• WHAT YOU WILL DO
What you produce should match the records exactly, line for line.
=======
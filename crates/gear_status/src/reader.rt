//! A status text, read as it comes.

ghost use Rattle.std.specs.Prelude.{◌≡◌, ◌≢◌, ◌∷◌, ◌++◌, ◌^◌, ◌-◌, ◌<◌, [], IfOk, IfErr, Err, List, ℕ, true};
ghost use Rattle.gear_status.specs.Stream.{IsPart, LeadsTo, is_verdict, meaning_with};

use crate::line::{is_period, line_meaning, without_return};
use crate::{Load, StatusError};
use std::alloc::Global;
use std::marker::Model;

/// The bytes of the longest line, without its line feed.
const MAX_LINE: usize = 4096;

/// The most lines before the period line.
const MAX_LINES: u32 = 65536;

/// What has come of a status text: the lines so far, and the start of the next.
#[derive(Drop)]
pub struct Unfinished {
    number: u32,
    line: Vec<u8>,
    load: Load,
}

impl Model for Unfinished {
    ghost use Rattle.gear_status.specs.Stream.{IsPart, Part};

    ghost Value = { Part };

    ghost view = { λ u. record { number = u.number; line = u.line.items; load = u.load } };

    ghost invariant = { λ u. IsPart (record { number = u.number; line = u.line.items; load = u.load }) };
}

impl Unfinished {
    pub fn new(alloc: Global) -> Unfinished
        ensures { result ≡ record { number = 1; line = []; load = [] } }
    {
        Unfinished {
            number: 1,
            line: Vec::new(alloc),
            load: Load::new(alloc),
        }
    }

    /// Takes the byte of a line feed: the line has come whole. Answers whether the text has.
    fn end_line(&mut self) -> Result<bool, StatusError>
        ensures part { IsPart self.new }
        ensures ok { IfOk result (LeadsTo self.old (10 ∷ []) self.new) }
        ensures verdict { IfErr result (λ f. is_verdict f ≡ true) }
        ensures err { IfErr result (λ f. f ≢ StatusError.Memory → (rest : List ℕ) → meaning_with self.old (10 ∷ rest) ≡ Err f) }
    {
        if is_period(self.line.as_slice()) {
            return Ok(true);
        }
        if self.number > MAX_LINES {
            return Err(StatusError::TooManyLines);
        }
        let (name, counts) = line_meaning(self.number, without_return(self.line.as_slice()))?;
        self.load.set_counts(name, counts)?;
        self.line.clear();
        self.number += 1;
        Ok(false)
    }

    /// Takes one byte. Answers whether the text has come whole.
    fn push(&mut self, byte: u8) -> Result<bool, StatusError>
        ensures part { IsPart self.new }
        ensures ok { IfOk result (LeadsTo self.old (byte ∷ []) self.new) }
        ensures verdict { IfErr result (λ f. is_verdict f ≡ true) }
        ensures err { IfErr result (λ f. f ≢ StatusError.Memory → (rest : List ℕ) → meaning_with self.old (byte ∷ rest) ≡ Err f) }
    {
        if byte == b'\n' {
            return self.end_line();
        }
        if self.line.len() == MAX_LINE {
            return Err(StatusError::LineTooLong(self.number));
        }
        self.line.push(byte)?;
        Ok(false)
    }

    /// Takes the next bytes of the text, and answers whether it has come whole.
    pub fn feed(&mut self, piece: &[u8]) -> Result<bool, StatusError>
        ensures part { IsPart self.new }
        ensures ok { IfOk result (LeadsTo self.old piece.now self.new) }
        ensures verdict { IfErr result (λ f. is_verdict f ≡ true) }
        ensures err { IfErr result (λ f. f ≢ StatusError.Memory → (rest : List ℕ) → meaning_with self.old (piece.now ++ rest) ≡ Err f) }
    {
        let _number = self.number;
        for byte in piece {
            if self.push(*byte)? {
                return Ok(true);
            }
        }
        Ok(false)
    }

    /// The load of a text that has come whole.
    pub fn into_load(self) -> Load
        ensures { result ≡ self.load }
    {
        let Unfinished {
            number: _,
            line: _,
            load,
        } = self;
        load
    }
}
=======
• TASK SOLUTION
filename crates/gear_status/src/reader.rt
//! A status text, read as it comes.

ghost use Rattle.std.specs.Prelude.{◌≡◌, ◌≢◌, ◌∷◌, ◌++◌, ◌^◌, ◌-◌, ◌<◌, [], IfOk, IfErr, Err, List, ℕ, true};
ghost use Rattle.gear_status.specs.Stream.{IsPart, LeadsTo, is_verdict, meaning_with};

use crate::line::{is_period, line_meaning, without_return};
use crate::{Load, StatusError};
use std::alloc::Global;
use std::marker::Model;

/// The bytes of the longest line, without its line feed.
const MAX_LINE: usize = 4096;

/// The most lines before the period line.
const MAX_LINES: u32 = 65536;

/// What has come of a status text: the lines so far, and the start of the next.
#[derive(Drop)]
pub struct Unfinished {
    number: u32,
    line: Vec<u8>,
    load: Load,
}

impl Model for Unfinished {
    ghost use Rattle.gear_status.specs.Stream.{IsPart, Part};

    ghost Value = { Part };

    ghost view = { λ u. record { number = u.number; line = u.line.items; load = u.load } };

    ghost invariant = { λ u. IsPart (record { number = u.number; line = u.line.items; load = u.load }) };
}

impl Unfinished {
    pub fn new(alloc: Global) -> Unfinished
        ensures { result ≡ record { number = 1; line = []; load = [] } }
    {
        Unfinished {
            number: 1,
            line: Vec::new(alloc),
            load: Load::new(alloc),
        }
    }

    /// Takes the byte of a line feed: the line has come whole. Answers whether the text has.
    fn end_line(&mut self) -> Result<bool, StatusError>
        ensures part { IsPart self.new }
        ensures ok { IfOk result (LeadsTo self.old (10 ∷ []) self.new) }
        ensures verdict { IfErr result (λ f. is_verdict f ≡ true) }
        ensures err { IfErr result (λ f. f ≢ StatusError.Memory → (rest : List ℕ) → meaning_with self.old (10 ∷ rest) ≡ Err f) }
    {
        if is_period(self.line.as_slice()) {
            return Ok(true);
        }
        if self.number > MAX_LINES {
            return Err(StatusError::TooManyLines);
        }
        let (name, counts) = line_meaning(self.number, without_return(self.line.as_slice()))?;
        self.load.set_counts(name, counts)?;
        self.line.clear();
        self.number += 1;
        Ok(false)
    }

    /// Takes one byte. Answers whether the text has come whole.
    fn push(&mut self, byte: u8) -> Result<bool, StatusError>
        ensures part { IsPart self.new }
        ensures ok { IfOk result (LeadsTo self.old (byte ∷ []) self.new) }
        ensures verdict { IfErr result (λ f. is_verdict f ≡ true) }
        ensures err { IfErr result (λ f. f ≢ StatusError.Memory → (rest : List ℕ) → meaning_with self.old (byte ∷ rest) ≡ Err f) }
    {
        if byte == b'\n' {
            return self.end_line();
        }
        if self.line.len() == MAX_LINE {
            return Err(StatusError::LineTooLong(self.number));
        }
        self.line.push(byte)?;
        Ok(false)
    }

    /// Takes the next bytes of the text, and answers whether it has come whole.
    pub fn feed(&mut self, piece: &[u8]) -> Result<bool, StatusError>
        ensures part { IsPart self.new }
        ensures ok { IfOk result (LeadsTo self.old piece.now self.new) }
        ensures verdict { IfErr result (λ f. is_verdict f ≡ true) }
        ensures err { IfErr result (λ f. f ≢ StatusError.Memory → (rest : List ℕ) → meaning_with self.old (piece.now ++ rest) ≡ Err f) }
    {
        let _number = self.number;
        for byte in piece {
            if self.push(*byte)? {
                return Ok(true);
            }
        }
        Ok(false)
    }

    /// The load of a text that has come whole.
    pub fn into_load(self) -> Load
        ensures { result ≡ self.load }
    {
        let Unfinished {
            number: _,
            line: _,
            load,
        } = self;
        load
    }
}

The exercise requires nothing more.